* **Task details**
Search the data for the word "policy". Reproduce every line where it is found.

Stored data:
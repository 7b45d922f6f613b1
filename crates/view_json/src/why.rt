//! Why a router has its best route to a prefix, as JSON.

ghost use Rattle.std.specs.Prelude.{◌≡◌, ◌++◌, ◌+◌, Some, map, option_copied, option_map, slice_get, IfOk, OnOk};
ghost use Rattle.std.specs.List.{flat_map, enumerate_from};
ghost use Rattle.serde_json.specs.View.{view};
ghost use Rattle.report_json.specs.Values.{count_or_null as count_or_null_lem, text_or_null, list_of, json_line as json_line_lem};
ghost use Rattle.view_json.specs.Why.{candidate_json, best_json, rule_json, lost_json, unless_best, import_json, excluded_json};
ghost use Rattle.view_json.specs.Why.{denied_json, kept_out_json, excluded_route, excluded_of, why_object, why_fields, why_if_there, why_json as why_json_lem};

use bgp_types::{Name, NoMemory, Octets, PeeringId, Prefix, Rank, Route, RouterId, SharedAttrs};
use decision_core::best;
use lab_report::{Lab, peering_name, router_name};
use lab_tables::{LabInput, PeeringInput, RouterInput};
use report_json::{
    address_value, from_value, json_line, path_value, prefix_value, push_value, put_text,
};
use serde_json::{Map, Value, put};
use std::alloc::Global;
use why_view::{
    Candidate, DecisionRule, SessionEntry, candidates_of, goes_at, imported, is_index, is_loop,
    matching, origin_name, ranks_of, router_of, routers_beside, sessions_at, winner,
};

// ---- candidates

/// A candidate: where it comes from, its path, and what the nine rules compare.
fn candidate_value(
    alloc: Global,
    input: &LabInput,
    candidate: &Candidate,
) -> Result<Value, NoMemory>
    ensures { IfOk result (λ v. view v ≡ candidate_json input.now candidate.now) }
{
    let rank = candidate.1;
    let from = from_value(alloc, input, candidate.0.from)?;
    let path = path_value(alloc, &candidate.0.route.attrs.path)?;
    let identifier = address_value(alloc, rank.identifier)?;
    let address = address_value(alloc, rank.address)?;
    let mut map = Map::new(alloc);
    put(&mut map, alloc, "address", address)?;
    put(&mut map, alloc, "cost", Value::from(rank.cost))?;
    put(&mut map, alloc, "external", Value::from(rank.external))?;
    put(&mut map, alloc, "from", from)?;
    put(&mut map, alloc, "identifier", identifier)?;
    put(&mut map, alloc, "med", Value::from(rank.med))?;
    put(&mut map, alloc, "neighbour", Value::from(rank.neighbour))?;
    put_text(&mut map, alloc, "origin", origin_name(rank.origin))?;
    put(&mut map, alloc, "own", Value::from(rank.own))?;
    put(&mut map, alloc, "path", path)?;
    put(&mut map, alloc, "path_length", Value::from(rank.path_len))?;
    put(&mut map, alloc, "pref", Value::from(rank.pref))?;
    Ok(Value::Object(map))
}

/// The best candidate, or null.
fn best_value(
    alloc: Global,
    input: &LabInput,
    candidate: Option<&Candidate>,
) -> Result<Value, NoMemory>
    ensures { IfOk result (λ v. view v ≡ best_json input.now (option_copied candidate.entry)) }
{
    match candidate {
        Some(candidate) => candidate_value(alloc, input, candidate),
        None => Ok(Value::Null),
    }
}

/// A rule by its number and name.
fn named_rule(alloc: Global, rule: DecisionRule) -> Result<Value, NoMemory>
    ensures { IfOk result (λ v. view v ≡ rule_json (Some rule)) }
{
    let mut map = Map::new(alloc);
    put_text(&mut map, alloc, "name", rule.name())?;
    put(&mut map, alloc, "number", Value::from(rule.number()))?;
    Ok(Value::Object(map))
}

/// The rule at which a candidate went, or null.
fn rule_value(alloc: Global, rule: Option<DecisionRule>) -> Result<Value, NoMemory>
    ensures { IfOk result (λ v. view v ≡ rule_json rule) }
{
    match rule {
        Some(rule) => named_rule(alloc, rule),
        None => Ok(Value::Null),
    }
}

/// A candidate that isn't the best, with the rule at which it went.
fn lost_value(
    alloc: Global,
    input: &LabInput,
    ranks: &[Rank],
    candidate: &Candidate,
) -> Result<Value, NoMemory>
    ensures { IfOk result (λ v. view v ≡ lost_json input.now ranks.now candidate.now) }
{
    let rule = rule_value(alloc, goes_at(alloc, ranks, &candidate.1)?)?;
    let went = candidate_value(alloc, input, candidate)?;
    let mut map = Map::new(alloc);
    put(&mut map, alloc, "candidate", went)?;
    put(&mut map, alloc, "rule", rule)?;
    Ok(Value::Object(map))
}

/// Adds the candidate of an index, unless it is the best.
fn push_unless_best(
    list: &mut Vec<Value>,
    alloc: Global,
    input: &LabInput,
    ranks: &[Rank],
    best: Option<usize>,
    index: usize,
    candidate: &Candidate,
) -> Result<(), NoMemory>
    ensures { OnOk result (map view list.new.items ≡ map view list.old.items ++ unless_best input.now ranks.now best (index, candidate.now)) }
{
    if is_index(best, index) {
        return Ok(());
    }
    push_value(list, lost_value(alloc, input, ranks, candidate)?)?;
    Ok(())
}

/// The candidates that aren't the best.
fn lost_values(
    alloc: Global,
    input: &LabInput,
    ranks: &[Rank],
    best: Option<usize>,
    candidates: &[Candidate],
) -> Result<Value, NoMemory>
    ensures { IfOk result (λ v. view v ≡ list_of (flat_map (unless_best input.now ranks.now best) (enumerate_from 0 candidates.now))) }
{
    let mut list = Vec::with_capacity(alloc, candidates.len())?;
    for (index, candidate) in candidates.iter().enumerate() {
        push_unless_best(&mut list, alloc, input, ranks, best, index, candidate)?;
    }
    Ok(Value::Array(list))
}

// ---- routes that were heard and are no candidates

/// The peering of this number.
fn peering_at(input: &LabInput, peering: PeeringId) -> Option<&PeeringInput>
    ensures { option_copied result ≡ slice_get input.now.peerings peering.0 }
{
    input.peerings.get(usize::from(peering.0))
}

/// A name, or null.
fn name_value(alloc: Global, name: &Option<Name>) -> Result<Value, NoMemory>
    ensures { IfOk result (λ v. view v ≡ text_or_null name.now) }
{
    match name {
        Some(name) => Ok(Value::try_from_str(alloc, name.as_str())?),
        None => Ok(Value::Null),
    }
}

/// The name of a peering's import policy, or null.
fn import_value(alloc: Global, input: &LabInput, peering: PeeringId) -> Result<Value, NoMemory>
    ensures { IfOk result (λ v. view v ≡ import_json input.now peering.0) }
{
    match peering_at(input, peering) {
        Some(peering) => name_value(alloc, &peering.import),
        None => Ok(Value::Null),
    }
}

/// The number of a rule, from 1, or null.
fn rule_number(index: Option<usize>) -> Result<Value, NoMemory>
    ensures { IfOk result (λ v. view v ≡ count_or_null_lem (option_map (λ i. i + 1) index)) }
{
    match index {
        Some(index) => Ok(Value::from(index.checked_add(1).ok_or(NoMemory)?)),
        None => Ok(Value::Null),
    }
}

/// A route that was heard and excluded.
fn excluded_value(
    alloc: Global,
    input: &LabInput,
    by: &str,
    session: &SessionEntry,
    heard: &SharedAttrs,
    policy: Value,
    rule: Value,
) -> Result<Value, NoMemory>
    ensures { IfOk result (λ v. view v ≡ excluded_json input.now by.now session.now heard.now (view policy) (view rule)) }
{
    let path = path_value(alloc, &heard.path)?;
    let remote = peering_name(input, session.peering.0);
    let mut map = Map::new(alloc);
    put_text(&mut map, alloc, "by", by)?;
    put(&mut map, alloc, "path", path)?;
    put_text(&mut map, alloc, "peering", remote)?;
    put(&mut map, alloc, "policy", policy)?;
    put(&mut map, alloc, "rule", rule)?;
    Ok(Value::Object(map))
}

/// A route that the import policy denied.
fn denied_value(
    alloc: Global,
    input: &LabInput,
    prefix: Prefix,
    session: &SessionEntry,
    heard: &SharedAttrs,
) -> Result<Value, NoMemory>
    ensures { IfOk result (λ v. view v ≡ denied_json input.now prefix session.now heard.now) }
{
    let rule = rule_number(matching(prefix, session, heard)?)?;
    let policy = import_value(alloc, input, session.peering)?;
    excluded_value(alloc, input, "policy", session, heard, policy, rule)
}

/// A route that was heard and not let in.
fn kept_out(
    alloc: Global,
    input: &LabInput,
    prefix: Prefix,
    session: &SessionEntry,
    heard: &SharedAttrs,
) -> Result<Value, NoMemory>
    ensures { IfOk result (λ v. view v ≡ kept_out_json input.now prefix session.now heard.now) }
{
    if is_loop(input, heard) {
        let none = Value::Null;
        return excluded_value(alloc, input, "loop", session, heard, none, Value::Null);
    }
    denied_value(alloc, input, prefix, session, heard)
}

/// Adds a route that was heard, unless it was let in.
fn push_unless_in(
    list: &mut Vec<Value>,
    alloc: Global,
    input: &LabInput,
    prefix: Prefix,
    session: &SessionEntry,
    heard: &SharedAttrs,
    route: &Option<Route>,
) -> Result<(), NoMemory>
    ensures { OnOk result (map view list.new.items
        ≡ map view list.old.items ++ excluded_route input.now prefix session.now (Some heard.now) route.now) }
{
    match route {
        Some(_) => Ok(()),
        None => {
            push_value(list, kept_out(alloc, input, prefix, session, heard)?)?;
            Ok(())
        }
    }
}

/// Adds what a session heard, if it heard the prefix and this isn't a route that was let in.
fn push_excluded(
    list: &mut Vec<Value>,
    alloc: Global,
    input: &LabInput,
    prefix: Prefix,
    session: &SessionEntry,
    route: &Option<Route>,
) -> Result<(), NoMemory>
    ensures { OnOk result (map view list.new.items
        ≡ map view list.old.items ++ excluded_route input.now prefix session.now session.now.heard route.now) }
{
    match &session.heard {
        Some(heard) => push_unless_in(list, alloc, input, prefix, session, heard, route),
        None => Ok(()),
    }
}

/// The routes that sessions heard and that are no candidates.
fn excluded_values(
    alloc: Global,
    input: &LabInput,
    prefix: Prefix,
    sessions: &[SessionEntry],
) -> Result<Value, NoMemory>
    ensures { IfOk result (λ v. view v ≡ list_of (flat_map (excluded_of input.now prefix) sessions.now)) }
{
    let mut list = Vec::new(alloc);
    for session in sessions {
        let route = imported(input.home_as, prefix, session)?;
        push_excluded(&mut list, alloc, input, prefix, session, &route)?;
    }
    Ok(Value::Array(list))
}

// ---- the whole

/// What a router of this name has for a prefix, by its parts.
fn why_object(
    alloc: Global,
    prefix: Prefix,
    router: &str,
    best: Value,
    lost: Value,
    excluded: Value,
) -> Result<Value, NoMemory>
    ensures { IfOk result (λ v. view v ≡ why_object prefix router.now (view best) (view lost) (view excluded)) }
{
    let wanted = prefix_value(alloc, prefix)?;
    let mut map = Map::new(alloc);
    put(&mut map, alloc, "best", best)?;
    put(&mut map, alloc, "excluded", excluded)?;
    put_text(&mut map, alloc, "job", "why")?;
    put(&mut map, alloc, "lost", lost)?;
    put(&mut map, alloc, "prefix", wanted)?;
    put_text(&mut map, alloc, "router", router)?;
    put(&mut map, alloc, "version", Value::from(1u32))?;
    Ok(Value::Object(map))
}

/// What a router of this name has for a prefix.
fn why_value(
    alloc: Global,
    input: &LabInput,
    prefix: Prefix,
    router: &str,
    candidates: &[Candidate],
    sessions: &[SessionEntry],
) -> Result<Value, NoMemory>
    ensures { IfOk result (λ v. view v ≡ why_fields input.now prefix router.now candidates.now sessions.now) }
{
    let ranks = ranks_of(alloc, candidates)?;
    let list = ranks.as_slice();
    let index = best(list);
    let chosen = winner(candidates, index);
    let first = best_value(alloc, input, chosen)?;
    let lost = lost_values(alloc, input, list, index, candidates)?;
    let excluded = excluded_values(alloc, input, prefix, sessions)?;
    why_object(alloc, prefix, router, first, lost, excluded)
}

/// What a router of the input has for a prefix.
fn why_of(
    alloc: Global,
    lab: &Lab,
    number: RouterId,
    router: &RouterInput,
    prefix: Prefix,
) -> Result<Value, NoMemory>
    ensures { IfOk result (λ v. view v ≡ why_if_there lab.now prefix number.0 (Some router.now)) }
{
    let sessions = sessions_at(alloc, lab, number, router, prefix)?;
    let routers = routers_beside(alloc, lab, number, prefix)?;
    let networks = router.networks.as_slice();
    let held = sessions.as_slice();
    let beside = routers.as_slice();
    let candidates = candidates_of(alloc, lab.input.home_as, prefix, networks, held, beside)?;
    let name = router.name.as_str();
    why_value(alloc, &lab.input, prefix, name, candidates.as_slice(), held)
}

/// What a router has for a prefix, if the input has it.
fn why_at(alloc: Global, lab: &Lab, number: RouterId, prefix: Prefix) -> Result<Value, NoMemory>
    ensures { IfOk result (λ v. view v ≡ why_json_lem lab.now number.0 prefix) }
{
    match router_of(lab, number) {
        Some(router) => why_of(alloc, lab, number, router, prefix),
        None => {
            let name = router_name(&lab.input, number.0);
            why_value(alloc, &lab.input, prefix, name, &[], &[])
        }
    }
}

/// Why a router has its best route to a prefix at the end of a run, as JSON: the best candidate, the others with the rules of the decision
/// process at which they went, and what its sessions heard of the prefix and was excluded.
pub fn why_json(
    alloc: Global,
    lab: &Lab,
    number: RouterId,
    prefix: Prefix,
) -> Result<Octets, NoMemory>
    ensures { IfOk result (λ text. text ≡ json_line_lem (why_json_lem lab.now number.0 prefix)) }
{
    let value = why_at(alloc, lab, number, prefix)?;
    json_line(alloc, &value)
}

* **Result**
/// The name of a peering's import policy, or null.
    policy: Value,
    ensures { IfOk result (λ v. view v ≡ excluded_json input.now by.now session.now heard.now (view policy) (view rule)) }
    put(&mut map, alloc, "policy", policy)?;
/// A route that the import policy denied.
    let policy = import_value(alloc, input, session.peering)?;
    excluded_value(alloc, input, "policy", session, heard, policy, rule)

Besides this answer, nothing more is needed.